Il n’est pas rare le jeudi soir de voir débarquer Pierre avec un matériel impressionnant qu’il doit transporter avec l’aide de ses assistants au bord du bassin.

Il s’agit d’un équipement complet de scaphandrier qui nous renvoie aux débuts de l’exploration et des travaux subaquatiques.

Qui n’a pas rêvé de ces véritables pionniers ? Le souvenir de ces gravures du capitaine Némo est ravivé chaque fois que l’on croise un scaphandrier dans la piscine.

Illustration de scaphandre

Pierre au travers de son club (Scaph25) nous fait partager sa passion pour la plongée en scaphandre et c’est ainsi qu’il propose à ceux qui le souhaitent des baptêmes en piscine et en milieu naturel.

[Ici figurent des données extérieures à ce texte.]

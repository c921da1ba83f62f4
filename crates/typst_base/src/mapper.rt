//! Maps byte positions of a text that was put together from segments of another text to positions in that other text.
ghost use Rattle.std.specs.List.{flat_map};
ghost use Rattle.std.specs.Option.{option_copied};
ghost use Rattle.std.specs.Prelude.{ℕ, ◌≡◌, ◌+◌, ◌-◌, ◌^◌, ◌<◌, ◌≤◌, ◌↔◌, IfOk, IsErrOf, None, Some, length, slice_index};
ghost use Rattle.typst_base.specs.Mapping.{AreSound, IsFirstUnsound, end_within, mapped, mapping_of, positions_of, start_within};
ghost use Rattle.typst_base.specs.Segments.{HasByte, first_invalid, ranges, running};
ghost use Rattle.typst_base.specs.SubRange.{MakesSubRange, interval};

use crate::sub_range::SubRange;
use std::alloc::Global;
use std::marker::Model;
use std::ops::Range;
use thiserror::Error;

/// Why a mapper can't be made.
#[derive(Debug, PartialEq, Eq, Drop, Error)]
pub enum MapperError {
    /// A segment starts above its end, or below the end of the segment before it.
    #[error("invalid mapper segment: ({start}, {end})")]
    InvalidSegment {
        /// The segment's start.
        start: usize,
        /// The segment's end.
        end: usize,
    },
    /// There is no memory for the mapper.
    #[error("out of memory")]
    Memory,
}

/// A segment, and how many bytes it and all segments before it have.
#[derive(Clone, Copy, Debug)]
struct Segment {
    start: usize,
    end: usize,
    upto: usize,
}

/// A map from the bytes of a text to the bytes of the original that it was put together from.
///
/// It is made of segments of the original: ranges of bytes in rising order. The text is the bytes of the segments, one
/// after the other, so each byte of the text has an original position.
#[derive(Debug, Drop)]
pub struct RangeMapper {
    segments: Vec<Segment>,
}

impl Model for RangeMapper {
    ghost use Rattle.std.specs.Prelude.{◌≡◌};
    ghost use Rattle.typst_base.specs.Mapping.{Mapping, mapping_code, mapping_of};

    ghost Value = { Mapping };

    ghost coded = { mapping_code };

    ghost use Rattle.typst_base.specs.Segments.{ranges, running};

    ghost view = { λ a. mapping_of (ranges a.segments.items) };

    ghost invariant = { λ a. a.segments.items ≡ running 0 (ranges a.segments.items) };
}

impl RangeMapper {
    /// The mapper of these segments. It takes time and memory in proportion to their number.
    ///
    /// A segment is invalid if it starts above its end, or below the end of the segment before it. `InvalidSegment`
    /// tells the first such segment.
    #[tactic(auto, using(crate::proofs::MapperLemmas::first_invalid_next))]
    pub fn new(alloc: Global, segments: &[Range<usize>]) -> Result<RangeMapper, MapperError>
        ensures mapping { IfOk result (λ mapper. mapper ≡ mapping_of segments.now) }
        ensures invalid { (start end : ℕ)
            → IsErrOf result (MapperError.InvalidSegment start end)
            ↔ IsFirstUnsound segments.now (interval start end) }
        ensures valid { IfOk result (λ _. AreSound segments.now) }
    {
        if let Some(bad) = find_invalid(segments) {
            return Err(MapperError::InvalidSegment {
                start: bad.start,
                end: bad.end,
            });
        }
        let Ok(mut kept) = Vec::with_capacity(alloc, segments.len()) else {
            return Err(MapperError::Memory);
        };
        let mut upto = 0;
        for segment in segments {
            upto += segment.end - segment.start;
            let Ok(()) = kept.push(Segment {
                start: segment.start,
                end: segment.end,
                upto,
            }) else {
                return Err(MapperError::Memory);
            };
        }
        Ok(RangeMapper { segments: kept })
    }

    /// How many bytes the text has.
    pub fn total_len(&self) -> usize
        ensures { result ≡ length self.now.positions }
    {
        match self.segments.last() {
            Some(segment) => segment.upto,
            None => 0,
        }
    }

    /// The original range of these bytes of the text.
    ///
    /// The range goes from the position of the first byte to after that of the last byte, across the gaps between
    /// segments. An empty range maps to the place after the byte before it, also at the border of two segments. At the
    /// start of the text it maps to the start of the first segment. The test of the conditions is
    /// `range.start <= range.end && range.end <= mapper.total_len()`. It takes time in proportion to the logarithm of
    /// the number of segments.
    pub fn map(&self, range: Range<usize>) -> Range<usize>
        requires ordered { range.start ≤ range.end }
        requires inside { range.end ≤ length self.now.positions }
        ensures { result ≡ mapped self.now range }
    {
        if range.end == 0 {
            let first = self.first();
            return first..first;
        }
        let end = self.position(range.end - 1) + 1;
        if range.start < range.end {
            self.position(range.start)..end
        } else {
            end..end
        }
    }

    /// Maps a part of a node of the text, which begins at the offset, to the part of the node's original range. It is
    /// `None` if the start of that part is 2^32 - 1 or more.
    pub fn map_sub_range(&self, offset: usize, sub_range: SubRange) -> Option<SubRange>
        requires { offset + sub_range.end ≤ length self.now.positions }
        ensures { MakesSubRange result (start_within self.now offset sub_range.start)
            (end_within self.now offset sub_range.end) }
    {
        // The part lies within the text, so the sums below fit.
        let _text_len = self.total_len();
        let part = sub_range.to_relative();
        let origin = self.position(offset);
        let start = self.position(offset + part.start);
        let end = self.position(offset + part.end - 1) + 1;
        // Positions rise along the text, so nothing is cut off here.
        SubRange::new(start.saturating_sub(origin), end.saturating_sub(origin))
    }

    /// Where the first segment starts, or 0 if there are none.
    fn first(&self) -> usize
        ensures { result ≡ self.now.first }
    {
        match self.segments.first() {
            Some(segment) => segment.start,
            None => 0,
        }
    }

    /// The original position of this byte of the text.
    fn position(&self, index: usize) -> usize
        requires { index < length self.now.positions }
        ensures is { result ≡ slice_index self.now.positions index }
        ensures fits { result + 1 < 2 ^ 64 }
    {
        let segment = segment_at(&self.segments, index);
        segment.end - (segment.upto - index)
    }
}

/// The segment that has this byte of the text.
fn segment_at(segments: &[Segment], index: usize) -> &Segment
    requires running { segments.now ≡ running 0 (ranges segments.now) }
    requires inside { index < length (flat_map positions_of (ranges segments.now)) }
    ensures { HasByte result.now (ranges segments.now) index }
{
    let found = segments.partition_point(|segment| segment.upto <= index);
    &segments[found]
}

/// The first segment that starts above its end, or below the end of the segment before it.
fn find_invalid(segments: &[Range<usize>]) -> Option<&Range<usize>>
    ensures { option_copied result ≡ first_invalid 0 segments.now }
{
    let mut before = 0;
    for segment in segments {
        if segment.start > segment.end || segment.start < before {
            return Some(segment);
        }
        before = segment.end;
    }
    None
}
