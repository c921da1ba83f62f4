//! The kinds of a set, one after the other.
ghost use Rattle.std.specs.Prelude.{◌≡◌, ◌≤◌, IfSome, Some, length};
ghost use Rattle.std.specs.Iterator.{UpTo, YieldsFirst, at_most, item_count};
ghost use Rattle.std.specs.Iterator.SizeHint.{IsWithinCount};
ghost use Rattle.typst_base.specs.KindList.{kinds_in};

use crate::kind::SyntaxKind;
use crate::set::SyntaxSet;
use std::iter::FusedIterator;
use std::marker::Model;

/// The kinds of a set, in the order of their numbers.
///
/// The iterator takes no memory, and each step takes constant time.
#[derive(Clone, Debug, Drop)]
pub struct SyntaxKinds {
    left: SyntaxSet,
}

impl Model for SyntaxKinds {
    ghost use Rattle.std.specs.Prelude.{List};
    ghost use Rattle.typst_base.specs.KindList.{kinds_in};
    ghost use Rattle.typst_base.specs.declared.kind.SyntaxKind.{SyntaxKind};

    ghost Value = { List SyntaxKind };

    ghost view = { λ kinds. kinds_in kinds.left };
}

impl SyntaxSet {
    /// The kinds of the set, in the order of their numbers.
    #[tactic(auto, using(crate::proofs::KindListLemmas::at_most_137_kinds))]
    pub fn kinds(self) -> SyntaxKinds
        ensures all { result ≡ kinds_in self }
        ensures few { length result ≤ 137 }
    {
        SyntaxKinds { left: self }
    }
}

impl IntoIterator for SyntaxSet {
    type Item = SyntaxKind;

    type IntoIter = SyntaxKinds;

    ghost into_iter_gives = { λ set kinds. kinds ≡ kinds_in set };

    fn into_iter(self) -> SyntaxKinds {
        self.kinds()
    }
}

impl Iterator for SyntaxKinds {
    type Item = SyntaxKind;

    ghost next_gives = { YieldsFirst (λ left. left) };

    ghost remaining = { item_count (λ left. left) };

    fn next(&mut self) -> Option<SyntaxKind> {
        let kind = self.left.first()?;
        self.left = self.left.remove(kind);
        Some(kind)
    }

    fn size_hint(&self) -> (usize, Option<usize>)
        ensures lower { IsWithinCount result.0 (at_most (length self.now)) }
        ensures upper { IfSome result.1 (UpTo (at_most (length self.now))) }
        ensures exact_lower { result.0 ≡ length self.now }
        ensures exact_upper { result.1 ≡ Some (length self.now) }
    {
        let left = self.left.len();
        (left, Some(left))
    }
}

impl ExactSizeIterator for SyntaxKinds {
    fn len(&self) -> usize {
        self.left.len()
    }
}

impl FusedIterator for SyntaxKinds {}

Mais il faut le mériter et être patient le temps de s’équiper, obligatoirement assisté par une ou deux personnes car on perd rapidement toute aisance.

Après avoir enfilé la peau (combinaison), les semelles de plomb, la collerette et le baudrier on pèse déjà quelques dizaines de kilos de plus. La cerise sur la gâteau, c’est le casque, qui termine l’équipement et qui est verrouillé sur la collerette. Bien sûr les systèmes d’alimentation en air respirable et de communication ont été raccordés.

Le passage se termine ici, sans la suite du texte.